This is an interesting statement completely unsubstantiated by fact: "The only way worker salaries can increase (to the bloated level of US labor and union labor) is to increase demand."

I like what Chris King has to say on the subject and perhaps his message, which incidently is the same as mine will get through to you. Be a conscientious consumer, not just a consumer.
http://www.chrisking.com/asiamfg/


----------



## alienator (Jun 11, 2004)

GregPB said:


> This is an interesting statement completely unsubstantiated by fact: "The only way worker salaries can increase (to the bloated level of US labor and union labor) is to increase demand."

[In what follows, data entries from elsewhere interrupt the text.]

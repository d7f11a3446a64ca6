//! Slow start and congestion avoidance (RFC 2661 appendix A) in whole numbers.

ghost use Rattle.std.specs.Prelude.{◌≡◌, ◌<◌, ◌≤◌};
ghost use Rattle.send_window.specs.Congestion.{grown, wider, times_grown, halved, learnt, opened, IsOpen};

/// The congestion window of a channel, in letters, with what moves it.
#[derive(Clone, Copy)]
pub struct Congestion {
    /// The receive window that the peer advertised. It isn't 0.
    pub peer_window: u16,
    /// Below it an acknowledged letter opens the window by one: slow start.
    pub threshold: u16,
    /// How many letters may be outstanding; from 1 to the peer's window.
    pub window: u16,
    /// The letters acknowledged since the window last grew in congestion avoidance.
    pub counter: u16,
}

impl Congestion {
    /// The window of a channel that begins: 1, and slow start up to the peer's window.
    pub(crate) fn open(peer_window: u16) -> Congestion
        requires { 0 < peer_window }
        ensures value { result ≡ opened peer_window }
        ensures sound { IsOpen result }
    {
        Congestion {
            peer_window,
            threshold: peer_window,
            window: 1,
            counter: 0,
        }
    }

    // The window one letter wider, as far as the peer's allows.
    fn wider(self) -> u16
        requires { IsOpen self }
        ensures value { result ≡ wider self }
        ensures within { result ≤ self.peer_window }
        ensures some { 0 < result }
    {
        if self.window < self.peer_window {
            self.window + 1
        } else {
            self.window
        }
    }

    // After one acknowledged letter.
    fn grow(self) -> Congestion
        requires { IsOpen self }
        ensures value { result ≡ grown self }
        ensures sound { IsOpen result }
    {
        let mut next = self;
        if self.window < self.threshold {
            next.window = self.wider();
        } else if self.counter + 1 < self.window {
            next.counter = self.counter + 1;
        } else {
            next.window = self.wider();
            next.counter = 0;
        }
        next
    }

    /// After so many acknowledged letters.
    pub(crate) fn grow_by(self, count: usize) -> Congestion
        requires { IsOpen self }
        ensures value { result ≡ times_grown count self }
        ensures sound { IsOpen result }
    {
        let mut next = self;
        for _ in 0..count {
            next = next.grow();
        }
        next
    }

    /// After a repetition: the threshold is half the window, at least 1, and the window is 1. The counter stays.
    pub(crate) fn halve(self) -> Congestion
        requires { IsOpen self }
        ensures value { result ≡ halved self }
        ensures sound { IsOpen result }
    {
        Congestion {
            peer_window: self.peer_window,
            threshold: (self.window / 2).max(1),
            window: 1,
            counter: self.counter,
        }
    }

    /// The peer's window becomes known: it is the threshold, and the window is lowered to it where it is above.
    pub(crate) fn learn(self, peer_window: u16) -> Congestion
        requires sound { IsOpen self }
        requires some { 0 < peer_window }
        ensures value { result ≡ learnt self peer_window }
        ensures sound { IsOpen result }
    {
        Congestion {
            peer_window,
            threshold: peer_window,
            window: self.window.min(peer_window),
            counter: self.counter,
        }
    }
}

No, it is substantiated by history though. It's not always the case, but it is often the case. Of course it is complicated by the political landscape in a given country, but so are economics in this country.



GregPB said:


> I like what Chris King has to say on the subject and perhaps his message, which incidently is the same as mine will get through to you. Be a conscientious consumer, not just a consumer.

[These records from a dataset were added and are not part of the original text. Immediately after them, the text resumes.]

/// The answers where the first commit stops.
fn stopped_at_once() -> Option<Answers> {
    Some((
        Err(JournalStop::StoreFault),
        Err(JournalStop::Halted),
        Err(JournalRoom::Halted),
    ))
}

/// The answers of two commits to a disk of which this call fails. The first six calls open the disk, and each commit makes
/// four; no call has the number 0.
fn answers_to_a_fault(call: u64) -> Option<Answers> {
    match call {
        1..=6 => None,
        7..=10 => stopped_at_once(),
        11..=14 => Some((
            Ok(()),
            Err(JournalStop::StoreFault),
            Err(JournalRoom::Halted),
        )),
        _ => Some((Ok(()), Ok(()), Ok(()))),
    }
}

/// Two commits to a disk of which one call of the device fails leave so many of the contents, as they are read again at once
/// and after a crash.
fn is_left_by_a_fault(alloc: Global, call: u64, crash: Option<bool>, left: usize) -> bool {
    match disk_that_fails(alloc, call) {
        Some(mut disk) => {
            let answers = two_commits(alloc, &mut disk, &ONE, &TUNNEL);
            answers == answers_to_a_fault(call)
                && opens_after(alloc, &mut disk, crash, first_of(&[ONE, TUNNEL], left))
        }
        None => false,
    }
}

fn opens_or_faults(alloc: Global, disk: &mut StopDisk) -> bool {
    matches!(
        open_disk(alloc, disk, 1, 1).err(),
        None | Some(JournalOpen::StoreFault)
    )
}

/// Opening a disk that stops after so many calls, and a crash behind it, leave a disk that opens with the same contents as
/// before.
fn is_opened_safely(
    alloc: Global,
    pieces: &[Piece],
    passes: u64,
    kept: bool,
    contents: &[[u8; 31]],
) -> bool {
    match disk_of(alloc, pieces) {
        Some(disk) => {
            let mut disk = StopDisk::new(disk, passes);
            opens_or_faults(alloc, &mut disk)
                && stopped_opens_after(alloc, disk, Some(kept), contents)
        }
        None => false,
    }
}

/// Three commits in one call, and a crash behind them: whether they are acknowledged, and what the disk opens with then.
fn reopens_with(
    alloc: Global,
    disk: &mut StopDisk,
    kept: bool,
    acknowledged: bool,
    wanted: &[[u8; 31]],
) -> bool {
    match ready(alloc, disk, 3) {
        Some(journal) => {
            match commit_and_crash(alloc, journal, disk, &[ONE, TUNNEL, CALL], kept) {
                Ok(reopened) => {
                    reopened.acknowledged == acknowledged && reopened.contents.as_slice() == wanted
                }
                Err(_) => false,
            }
        }
        None => false,
    }
}

/// Three commits in one call, on a disk that stops after so many of its twelve calls and crashes, leave so many contents.
fn are_left(alloc: Global, passes: u64, kept: bool, left: usize) -> bool {
    let wanted = [ONE, TUNNEL, CALL];
    match stopping(alloc, passes.saturating_add(6)) {
        Some(mut disk) => reopens_with(
            alloc,
            &mut disk,
            kept,
            passes == 12,
            first_of(&wanted, left),
        ),
        None => false,
    }
}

Sorry, you're holier-than-thou tone...."....message...is the same as mine will get through to you" is both insulting and way off the mark. I don't live in some Pollyanna world, and I understand the realities of the world marketplace and all of its implications. I also know that I won't substitute my own thought for that of someone elses, i.e. the Chris King blurb on Asia manufacturing. It's very hard to see the writing in that link as objective. He obviously has a vested interest in people buying his products as opposed to someone else's, but his piece has no real critical analysis of said problem. None. Did CK carefully check to be sure that every single material, tool, instrument, diode, or whatever at his company's facilities didn't come from a place that mistreats its workers? Did you check to make sure that every single product in your house, that every single product you own or component of any product you own came from a factory where workers are unfairly treated? Well, when you've done that, insured that every single item that is purchased with your money has come from a place that treats its workers according to your standards, then you might have some right to lecture or preach or go bowling with CK. Until then, you'll just sound like a hypocrit.


----------



## GregPB (Feb 20, 2006)

alienator said:


> No, it is substantiated by history though. It's not always the case, but it is often the case. Of course it is complicated by the political landscape in a given country, but so are economics in this country.
> 
> 
> 
> Sorry, you're holier-than-thou tone...."....message...is the same as mine will get through to you" is both insulting and way off the mark. I don't live in some Pollyanna world, and I understand the realities of the world marketplace and all of its implications. I also know that I won't substitute my own thought for that of someone elses, i.e. the Chris King blurb on Asia manufacturing. It's very hard to see the writing in that link as objective. He obviously has a vested interest in people buying his products as opposed to someone else's, but his piece has no real critical analysis of said problem. None. Did CK carefully check to be sure that every single material, tool, instrument, diode, or whatever at his company's facilities didn't come from a place that mistreats its workers? Did you check to make sure that every single product in your house, that every single product you own or component of any product you own came from a factory where workers are unfairly treated? Well, when you've done that, insured that every single item that is purchased with your money has come from a place that treats its workers according to your standards, then you might have some right to lecture or preach or go bowling with CK. Until then, you'll just sound like a hypocrit.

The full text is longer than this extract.